_DATASET RECORDS_.
//! Lines in which the runs of old elements rise, and those of made ones: both are taken in one pass, and nothing takes memory.
ghost use Rattle.std.specs.Prelude.{◌≡◌, ◌<◌, ◌≤◌, ◌+◌, ◌-◌, ◌^◌, ◌++◌, true, take, drop, vec_len, vec_capacity, length};
ghost use Rattle.std.specs.Vec.Iter.{into_iter_items};
ghost use Rattle.rd_graph.specs.Runs.{RunsRise, places_aside, places_of, up_from, woven};

use crate::runs::{Run, count_aside};
use std::alloc::Global;
use std::vec::IntoIter;

/// Do the runs of old elements rise, and those of made ones, which are counted on from this many old ones? Each run is of
/// one kind, and there are so many made ones. A run that is set aside may be of any places.
pub(crate) fn is_rising(runs: &[Run], old: usize, made: usize) -> bool
    ensures { result ≡ true → RunsRise old made 0 0 runs.now }
{
    let mut next_old = 0;
    let mut next_made = 0;
    for run in runs {
        if run.aside {
            continue;
        }
        if run.from < old {
            if run.from < next_old || old - run.from < run.count {
                return false;
            }
            next_old = run.from + run.count;
            continue;
        }
        let place = run.from - old;
        if place < next_made || made < place || made - place < run.count {
            return false;
        }
        next_made = place + run.count;
    }
    true
}

/// Are the runs one of all of so many made elements in their order, where there are no old ones?
pub(crate) fn is_all_made(runs: &[Run], old: usize, made: usize) -> bool
    ensures none { result ≡ true → old ≡ 0 }
    ensures all { result ≡ true → places_of runs.now ≡ up_from 0 made }
{
    old == 0 && runs.len() == 1 && runs[0].from == 0 && runs[0].count == made
}

/// Is nothing there as yet, and room for what is set aside?
pub(crate) fn has_room_aside<T>(runs: &[Run], aside: &Vec<T>) -> bool
    ensures none { result ≡ true → vec_len aside.now ≡ 0 }
    ensures room { result ≡ true → length (places_aside runs.now) ≤ vec_capacity aside.now }
{
    aside.is_empty() && count_aside(runs) <= aside.capacity()
}

/// Drops the next so many elements.
fn pass_over<T: Drop>(rest: &mut IntoIter<T, Global>, passed: usize)
    ensures { into_iter_items rest.new ≡ drop passed (into_iter_items rest.old) }
{
    for _ in 0..passed {
        let _passed = rest.next();
    }
}

/// Moves the next element to the end of `room`, which has capacity for it.
#[inline(always)]
fn move_next<T: Drop>(rest: &mut IntoIter<T, Global>, room: &mut Vec<T>)
    requires some { 0 < length (into_iter_items rest.old) }
    requires room { vec_len room.old < vec_capacity room.old }
    ensures left { into_iter_items rest.new ≡ drop 1 (into_iter_items rest.old) }
    ensures moved { room.new.items ≡ room.old.items ++ take 1 (into_iter_items rest.old) }
    ensures len { vec_len room.new ≡ vec_len room.old + 1 }
    ensures room { vec_capacity room.old ≤ vec_capacity room.new }
{
    match rest.next() {
        Some(x) => room.push_reserved(x),
        None => unreachable!(),
    }
}

/// Moves the next so many elements to the end of `room`, which has capacity for them.
pub(crate) fn move_run<T: Drop>(rest: &mut IntoIter<T, Global>, count: usize, room: &mut Vec<T>)
    requires rest { count ≤ length (into_iter_items rest.old) }
    requires room { vec_len room.old + count ≤ vec_capacity room.old }
    ensures left { into_iter_items rest.new ≡ drop count (into_iter_items rest.old) }
    ensures moved { room.new.items ≡ room.old.items ++ take count (into_iter_items rest.old) }
    ensures len { vec_len room.new ≡ vec_len room.old + count }
    ensures room { vec_capacity room.old ≤ vec_capacity room.new }
{
    for _ in 0..count {
        move_next(rest, room);
    }
}

/// Drops the elements from the next one, at a place, up to one at another place, and moves so many from there on to the end of
/// `room`, which has capacity for them. Says at which place the next one is then.
pub(crate) fn move_from<T: Drop>(
    rest: &mut IntoIter<T, Global>,
    next: usize,
    place: usize,
    count: usize,
    room: &mut Vec<T>,
) -> usize
    requires next { next ≤ place }
    requires rest { place - next + count ≤ length (into_iter_items rest.old) }
    requires room { vec_len room.old + count ≤ vec_capacity room.old }
    requires fits { place + count < 2 ^ 64 }
    ensures next { result ≡ place + count }
    ensures left { into_iter_items rest.new ≡ drop count (drop (place - next) (into_iter_items rest.old)) }
    ensures moved { room.new.items ≡ room.old.items ++ take count (drop (place - next) (into_iter_items rest.old)) }
    ensures len { vec_len room.new ≡ vec_len room.old + count }
    ensures room { vec_capacity room.old ≤ vec_capacity room.new }
{
    pass_over(rest, place - next);
    move_run(rest, count, room);
    place + count
}

/// Moves old and made elements, each in rising order, and those that are set aside in theirs, to the end of `room`, which
/// has capacity for them.
pub(crate) fn gather_rising<T: Drop>(
    old: Vec<T>,
    made: Vec<T>,
    aside: Vec<T>,
    runs: &[Run],
    room: &mut Vec<T>,
)
    requires rising { RunsRise (vec_len old) (vec_len made) 0 0 runs.now }
    requires aside { vec_len aside ≡ length (places_aside runs.now) }
    requires room { vec_len room.old + length (places_of runs.now) ≤ vec_capacity room.old }
    ensures { room.new.items ≡ room.old.items ++ woven runs.now (old.items ++ made.items) aside.items }
{
    let end = old.len();
    let mut old_rest = old.into_iter();
    let mut made_rest = made.into_iter();
    let mut aside_rest = aside.into_iter();
    let mut next_old = 0;
    let mut next_made = 0;
    for run in runs {
        if run.aside {
            move_run(&mut aside_rest, run.count, room);
            continue;
        }
        if run.from < end {
            next_old = move_from(&mut old_rest, next_old, run.from, run.count, room);
            continue;
        }
        let place = run.from - end;
        next_made = move_from(&mut made_rest, next_made, place, run.count, room);
    }
}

_WHAT IS NEEDED_.
Restate, word for word and without additions, every line from the top of the listing above through the line that contains "of any places.".

_FINAL ANSWER_.
//! Lines in which the runs of old elements rise, and those of made ones: both are taken in one pass, and nothing takes memory.
ghost use Rattle.std.specs.Prelude.{◌≡◌, ◌<◌, ◌≤◌, ◌+◌, ◌-◌, ◌^◌, ◌++◌, true, take, drop, vec_len, vec_capacity, length};
ghost use Rattle.std.specs.Vec.Iter.{into_iter_items};
ghost use Rattle.rd_graph.specs.Runs.{RunsRise, places_aside, places_of, up_from, woven};

use crate::runs::{Run, count_aside};
use std::alloc::Global;
use std::vec::IntoIter;

/// Do the runs of old elements rise, and those of made ones, which are counted on from this many old ones? Each run is of
/// one kind, and there are so many made ones. A run that is set aside may be of any places.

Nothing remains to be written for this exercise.